STALKING In reply to Ms MAXWELL (Northern Victoria) (16 February 2021) Ms SYMES (Northern Victoria—Leader of the Government, Attorney-General, Minister for Resources):

I thank the member for her question. As the member has stated, in response to the tragic murder of Ms Manno and the brave advocacy of her family, the former Attorney-General, the Hon Jill Hennessy MP, asked the Victorian Law Reform Commission (VLRC) to urgently review Victoria’s responses to stalking, harassment and similar conduct, with a focus on victim safety, including consideration of the adequacy of the legal framework and barriers to effective enforcement. Since the announcement of the review late last year, the VLRC has been undertaking recruitment and other preparatory work for this important project. Formal terms of reference for the review have been developed in consultation with the VLRC and will be publicly released shortly. The VLRC has been asked to provide an interim report by the end of this year, and a final report by the middle of 2022. Engagement with and contributions from the Victorian community are an incredibly important and valuable part of the VLRC’s work. The Commission will provide an opportunity for members of the community to contribute to this review by sharing their personal experiences and valuable insights. Information about the project, including the process and timelines for community consultation, will be accessible through the VLRC website in the near future. SMALL BUSINESS SUPPORT In reply to Ms BATH (Eastern Victoria) (16 February 2021) Ms PULFORD (Western Victoria—Minister for Employment, Minister for Innovation, Medical Research and the Digital Economy, Minister for Small Business):

The coronavirus (COVID-19) pandemic has been an unprecedented event requiring a dynamic response by the Victorian Public Sector. Victorian Public Sector employers and employees are excluded from eligibility for the Commonwealth Government’s JobKeeper scheme.
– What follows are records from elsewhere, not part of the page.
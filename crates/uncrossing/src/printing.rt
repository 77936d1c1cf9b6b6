// A price is printed. It comes beside the desk: until then it is not the book's. The premises speak of desk and report at one moment.
ghost use Rattle.trading.specs.Desks.{book_of};
ghost use Rattle.lent.specs.Contents.{contents, page, Kept};
ghost use Rattle.uncrossing.specs.Fits.{OrdersFit};
ghost use Rattle.uncrossing.specs.Fronts.{InFront};
ghost use Rattle.uncrossing.specs.Prints.{PrintedAs};

use crate::pairing::{Met, pair_all};
use lent::{Desk, Report};

// The trades at the price, which becomes the static and the last price. The queues go on where the answer says.
pub(crate) fn print_price(price: u32, desk: &mut Desk<'_>, report: &mut Report<'_>) -> Met
    requires fit { OrdersFit (contents desk.old) (page report.old) }
    requires fronts { let b = book_of (contents desk.old) in InFront price b.buys b.sells }
    ensures printed { PrintedAs price (contents desk.old) (page report.old) (contents desk.new) (page report.new) result }
    ensures kept { Kept desk.old report.old desk.new report.new }
{
    let met = pair_all(price, desk, report);
    desk.state.static_price = price;
    desk.state.last = price;
    met
}
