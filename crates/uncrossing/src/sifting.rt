// Orders that are valid for the uncrossing only leave the queues after it.
ghost use Rattle.std.specs.Prelude.{◌≡◌, ◌+◌, ◌-◌, ◌≤◌, length};
ghost use Rattle.trading.specs.Uncrossings.{lapsing};
ghost use Rattle.lent.specs.Contents.{page, ReportKept};
ghost use Rattle.uncrossing.specs.Sifted.{SiftedTo};

use crate::lapsing::lapse_line;
use lent::Report;
use rules::{Order, Validity};

fn is_vfu(order: &Order) -> bool
    ensures { result ≡ lapsing order.now }
{
    matches!(order.validity, Validity::Vfu)
}

// The queue from `from` to `to`: its VFU orders lapse, and the others move to the front of the table. Answers how many last.
pub(crate) fn sift(orders: &mut [Order], from: usize, to: usize, report: &mut Report<'_>) -> usize
    requires start { from ≤ to }
    requires orders { to ≤ length orders.old }
    requires room { report.old.written + (to - from) ≤ length report.old.lines.now }
    ensures sifted { SiftedTo orders.old orders.new from to (page report.old) (page report.new) result }
    ensures kept { ReportKept report.old report.new }
{
    let mut count = 0;
    // by index, from a place on: what lasts is moved to the front of the table that the loop reads
    for i in from..to {
        let order = orders[i];
        if is_vfu(&order) {
            report.write(lapse_line(&order));
        } else {
            orders[count] = order;
            count += 1;
        }
    }
    count
}
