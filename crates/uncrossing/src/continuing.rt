// From the call into continuous trading. What is asked of a desk and a report holds at one moment; neither could hold it by itself.
ghost use Rattle.std.specs.Prelude.{ℕ, ◌≤◌, List, ◌++◌, length};
ghost use Rattle.trading.specs.declared.stop.StopOrder.{StopOrder};
ghost use Rattle.trading.specs.Desks.{book_of};
ghost use Rattle.trading.specs.Moves.{Ready};
ghost use Rattle.trading.specs.Sweeps.{moved};
ghost use Rattle.trading.specs.Uncrossings.{pairs, vfu_lapses, without_vfu, printed_at};
ghost use Rattle.lent.specs.Contents.{contents, beside, page, Kept};
ghost use Rattle.lent.specs.Moves.{Comes};
ghost use Rattle.uncrossing.specs.Fits.{OrdersFit, RestFits, FewerFrom, Fewer};
ghost use Rattle.uncrossing.specs.Fronts.{InFront};
ghost use Rattle.uncrossing.specs.Prints.{book_from};

use crate::pairing::Met;
use crate::printing::print_price;
use crate::sifting::sift;
use lent::{Desk, Report};
use trading::Phase;

// The VFU orders of the queues that are left lapse, and the book is in continuous trading.
fn open_rest(met: Met, desk: &mut Desk<'_>, report: &mut Report<'_>)
    requires { RestFits met (contents desk.old) (page report.old) }
    ensures came { (stops : List StopOrder) (n : ℕ) → let d = beside (contents desk.old) stops in
        d.state.buys ≤ n → d.state.sells ≤ n → d.state.stops ≤ length stops → Comes n (moved (without_vfu (book_from met d)) (vfu_lapses (book_from met d))) d (page report.old) (beside (contents desk.new) stops) (page report.new) }
    ensures fewer { FewerFrom met (contents desk.old) (page report.old) (contents desk.new) (page report.new) }
    ensures kept { Kept desk.old report.old desk.new report.new }
{
    desk.state.buys = sift(desk.buys, met.buys, desk.state.buys, report);
    desk.state.sells = sift(desk.sells, met.sells, desk.state.sells, report);
    desk.state.phase = Phase::Continuous;
}

// No price: the VFU orders lapse, and the book is in continuous trading.
pub fn open_unprinted(desk: &mut Desk<'_>, report: &mut Report<'_>)
    requires { OrdersFit (contents desk.old) (page report.old) }
    ensures came { (stops : List StopOrder) (n : ℕ) → let d = beside (contents desk.old) stops in
        Ready n d (length report.old.lines.now) report.old.written 0 → Comes n (moved (without_vfu (book_of d)) (vfu_lapses (book_of d))) d (page report.old) (beside (contents desk.new) stops) (page report.new) }
    ensures fewer { Fewer (contents desk.old) (page report.old) (contents desk.new) (page report.new) }
    ensures kept { Kept desk.old report.old desk.new report.new }
{
    open_rest(Met::default(), desk, report);
}

// The price is printed; then the same.
pub fn print_and_open(price: u32, desk: &mut Desk<'_>, report: &mut Report<'_>)
    requires fit { OrdersFit (contents desk.old) (page report.old) }
    requires fronts { let b = book_of (contents desk.old) in InFront price b.buys b.sells }
    ensures came { (stops : List StopOrder) (n : ℕ) → let d = beside (contents desk.old) stops in
        let b = book_of d in
        Ready n d (length report.old.lines.now) report.old.written 0 → Comes n (moved (without_vfu (printed_at price b)) ((pairs price b.buys b.sells).trades ++ vfu_lapses (printed_at price b))) d (page report.old) (beside (contents desk.new) stops) (page report.new) }
    ensures fewer { Fewer (contents desk.old) (page report.old) (contents desk.new) (page report.new) }
    ensures kept { Kept desk.old report.old desk.new report.new }
{
    let met = print_price(price, desk, report);
    open_rest(met, desk, report);
}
Accordingly, the Victorian Government has implemented a range of supports, including leave for employees who are required to self-isolate due to COVID-19. Support through both the Victorian and Federal Governments is available for employees who cannot work and receive an income due to having to self-isolate due to COVID-19. Full details including eligibility requirements and how to apply can be found at coronavirus.vic.gov.au/financial-and-other-support- coronavirus-covid-19#worker-support-payment.